If you are worried about splitting or just CBF, use john guest fittings on the liquid side. 4mmID 8mmOD line with 8mm JG fittings is very easy to set up and no need for huge coils of line.


----------



## Pnutapper (15/8/17)

laxation said:


> What fitting do you use to get thin line onto a fatter barb?








John Guest reducing straight connector. JG Part number PI201210S. Available from Bracton, Lancer, Andale etc.

3/8" side will take commonly available nylon multilayer barrier tubing that is 6.35mm x 9.5mmm. 5/16" side will take commonly available nylon multilayer barrier tube that is either 4mm x 8mm or 5mm x 8mm.

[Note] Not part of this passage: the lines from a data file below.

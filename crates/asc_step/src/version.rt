//! What a version of the machine has.
ghost use Rattle.std.specs.Prelude.{◌≡◌};
ghost use Rattle.asc_isa.specs.Decode.{version_of};

/// Whether a version of the machine has RV32A.
#[inline(always)]
pub(crate) fn has_atomics(version: Version) -> bool
    ensures { version_of result ≡ version }
{
    match version {
        Version::One => false,
        Version::Two => true,
    }
}

use asc_model::Version;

If you are using a softer 6mm x 10mm tube to go over 6mm QD barbs, use one of these on the 3/8" side:






John Guest Part Number PI251208S 3/8" x 1/4" Tube to hose stem.


----------



## laxation (15/8/17)

Perfect thanks!
On the one hand it's good I don't need to buy a new FC tap so I can use a fat line, but on the other hand... I was kind of looking forward to needing to buy shiny new taps


----------



## Mardoo (15/8/17)

laxation said:


> Perfect thanks!
> On the one hand it's good I don't need to buy a new FC tap so I can use a fat line, but on the other hand... I was kind of looking forward to needing to buy shiny new taps


It has been said, weak man wait for excuse to buy gear, strong man make excuse WITH BARE HANDS!


----------



## moonhead (16/8/17)

unwrittenlaw said:


> Craftbrewer or andale



For 4mm ID line? Don't see anything on Craftbrewer.


----------



## unwrittenlaw (16/8/17)

It's 5mm ID 

https://www.google.com.au/url?sa=t&...ggcMAA&usg=AFQjCNEDegOQp1aBQuX1BZQ83ivjg5TNeg


----------



## stm (16/8/17)

If you are starting out, you may as well keep it simple and work up from there. Bronco/picnic taps are very cheap so you are not going to waste much cash if you later upgrade. Plus you can still use them for.... picnics.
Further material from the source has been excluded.